ただ何度もGoogleのマルチエージェントの定義と、AI Agents vs. Agentic AI: A Conceptual
Taxonomy, Applications and Challengesを読んでいると、以下の違いに気づきました。
- マルチエージェント:飽くまでも複数のAIエージェントが連携することしか述べていない
- エージェント型AI:オーケストレータとなるエージェントが計画を立てて、複数のAIエージェントと協働することを強調
例えば、あるエージェントが出力したものを別のエージェントがレビューする、というのはマルチエージェントではありますが、エージェント型AIかと言われると微妙です。
ユーザーの指示 → Aが情報収集 → BがAの出力を確認、というワークフローに計画やタスクの細分化などはしていません。
飽くまでもAIエージェントのタスクに、追加で出力のレビューが入っただけに過ぎないと考えられます。
つまりエージェント型AIというのは、マルチエージェントの1つであり、目的に対してオーケストレータが計画・タスクの細分化を行い、その目的を達成するための各タスクを行うエージェント達とやり取りするマルチエージェントシステム、と解釈しました。

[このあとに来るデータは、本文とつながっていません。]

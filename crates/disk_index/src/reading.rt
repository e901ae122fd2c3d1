// Reading a segment's file.
ghost use Rattle.std.specs.Prelude.{◌≡◌, ◌<◌, ◌≤◌, ◌+◌, ◌^◌, ◌≢◌, Some, Err, take, drop, length, vec_len, IfOk, IfErr};
ghost use Rattle.ri_base.specs.Faults.{IsOutside};
ghost use Rattle.ri_base.specs.Keeps.{Rose};
ghost use Rattle.store_ends.specs.Files.{Files, IsQuiet};
ghost use Rattle.seg_codec.specs.Fits.{FitBlock};
ghost use Rattle.disk_index.specs.Blocks.{IsBlockFault, IsBlockIn, IsReadFault, file_of};

use crate::name::{as_text, segment_name};
use crate::{Block, BlockKey};
use ri_base::{FileName, SegFault};
use ri_ends::OutFault;
use seg_codec::Documents;
use std::alloc::Global;
use store_ends::Store;

/// The fault of a call of a store, as that of a part of the collection.
pub fn store_fault(fault: OutFault) -> SegFault
    ensures outside { IsOutside result }
    ensures failed { result ≡ SegFault.Store → fault ≡ OutFault.Failed }
    ensures memory { result ≢ SegFault.Store → fault ≡ OutFault.Memory }
{
    match fault {
        OutFault::Failed => SegFault::Store,
        OutFault::Memory => SegFault::Memory,
    }
}

/// How many bytes the file of the segment has. `Missing` where there is none.
pub fn file_length<T: Store>(store: &mut T, number: u64) -> Result<u64, SegFault>
    ensures length { (f : Files) → T.files store.old ≡ Some f → IfOk result (λ n. n ≡ length (file_of f number)) }
    ensures fault { (f : Files) → T.files store.old ≡ Some f → IfErr result (IsReadFault f number) }
    ensures quiet { IsQuiet T.files T.layers T.clock T.since T.longest T.held store.old store.new }
    ensures later { T.faults store.old ≤ T.faults store.new }
    ensures store { result ≡ Err SegFault.Store → Rose (T.faults store.old) (T.faults store.new) }
    ensures none { result ≢ Err SegFault.Store → T.faults store.new ≡ T.faults store.old }
{
    let name = segment_name(number);
    match store.len(as_text(&name)) {
        Ok(Some(length)) => Ok(length),
        Ok(None) => Err(SegFault::Missing {
            file: FileName::Segment(number),
        }),
        Err(fault) => Err(store_fault(fault)),
    }
}

/// Fills the buffer with the file's bytes from a place on, as many as there are and as have room.
fn fill<T: Store>(store: &mut T, number: u64, at: u64, buf: &mut [u8]) -> Result<usize, SegFault>
    ensures bound { IfOk result (λ n. n ≤ length buf.old) }
    ensures bytes { (f : Files) → T.files store.old ≡ Some f → IfOk result (λ n. take n buf.new ≡ take (length buf.old) (drop at (file_of f number))) }
    ensures outside { IfErr result IsOutside }
    ensures quiet { IsQuiet T.files T.layers T.clock T.since T.longest T.held store.old store.new }
    ensures later { T.faults store.old ≤ T.faults store.new }
    ensures store { result ≡ Err SegFault.Store → Rose (T.faults store.old) (T.faults store.new) }
    ensures none { result ≢ Err SegFault.Store → T.faults store.new ≡ T.faults store.old }
{
    let name = segment_name(number);
    match store.read_at(as_text(&name), at, buf) {
        Ok(count) => Ok(count),
        Err(fault) => Err(store_fault(fault)),
    }
}

/// The bytes of the file of the segment from a place on, so many, or as many as there are. `Missing` where there are fewer, and no such file.
pub fn read_bytes<T: Store>(
    alloc: Global,
    store: &mut T,
    number: u64,
    at: u64,
    count: usize,
) -> Result<Vec<u8>, SegFault>
    ensures bytes { (f : Files) → T.files store.old ≡ Some f → IfOk result (λ b. b.items ≡ take count (drop at (file_of f number))) }
    ensures most { IfOk result (λ b. vec_len b ≤ count) }
    ensures fault { (f : Files) → T.files store.old ≡ Some f → IfErr result (IsReadFault f number) }
    ensures quiet { IsQuiet T.files T.layers T.clock T.since T.longest T.held store.old store.new }
    ensures later { T.faults store.old ≤ T.faults store.new }
    ensures store { result ≡ Err SegFault.Store → Rose (T.faults store.old) (T.faults store.new) }
    ensures none { result ≢ Err SegFault.Store → T.faults store.new ≡ T.faults store.old }
{
    let mut bytes = vec![in alloc; 0u8; count]?;
    let read = fill(store, number, at, &mut bytes)?;
    if read < count {
        let _length = file_length(store, number)?;
    }
    bytes.truncate(read);
    Ok(bytes)
}

/// The block of this key, of a segment with these documents.
pub(crate) fn read_block<T: Store>(
    alloc: Global,
    store: &mut T,
    key: BlockKey,
    documents: &Documents,
) -> Result<Block, SegFault>
    requires { key.place + key.length < 2 ^ 64 }
    ensures exact { (f : Files) → T.files store.old ≡ Some f → IfOk result (IsBlockIn f key) }
    ensures fits { IfOk result (FitBlock documents.now key.range) }
    ensures fault { (f : Files) → T.files store.old ≡ Some f → IfErr result (IsBlockFault f key documents.now) }
    ensures quiet { IsQuiet T.files T.layers T.clock T.since T.longest T.held store.old store.new }
    ensures later { T.faults store.old ≤ T.faults store.new }
    ensures store { result ≡ Err SegFault.Store → Rose (T.faults store.old) (T.faults store.new) }
    ensures none { result ≢ Err SegFault.Store → T.faults store.new ≡ T.faults store.old }
{
    let bytes = read_bytes(alloc, store, key.number, key.place, key.length as usize)?;
    let file = FileName::Segment(key.number);
    let block = seg_codec::read_block(alloc, &bytes, file, key.place, documents, key.range)?;
    Ok(Block::of(alloc, block)?)
}
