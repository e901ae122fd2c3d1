// Limits of what is held. Clauses and definitions cite them by these names.

/// The documents of a snapshot, at most, the dead ones among them: 2^22, so that four bytes count them.
pub const MAX_HELD_DOCS: u32 = 4_194_304;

ただ、正直ここらの違いはbig tech等が上手く定義してほしいな、という気がしています。
まとめ
上記の内容をまとめ、最終的な個人の解釈は以下の通りになります。
用語 | 本記事での解釈 |
---|---|
AIエージェント | 単一のタスクを行う自律的・半自律的な1つのAIソフトウェア |
マルチエージェント | 複数のAIエージェントが協働し、AIエージェント単独ではできない複雑なタスクを行うソフトウェア |
エージェント型AI | マルチエージェントの一種。オーケストレータとなるエージェントが目的に基づき計画やタスクの細分化を行い、各タスクに適切なAIエージェントとやり取りして複雑なタスクを遂行するマルチエージェントシステム |
個人的にはとにかく動けば問題ないだろう、とも思います。
ただ一方で、情報収集ややり取りをする際に、企業や話し手が何を表しているのかと意識するのはコミュニケーションにおいて必要だと思うので調べて、記事にしてみました。
飽くまでも個人の解釈ではあるので、これだけの用語があり人や企業によって定義のバラツキがあるのか、というのが伝われば良いかなと思っています。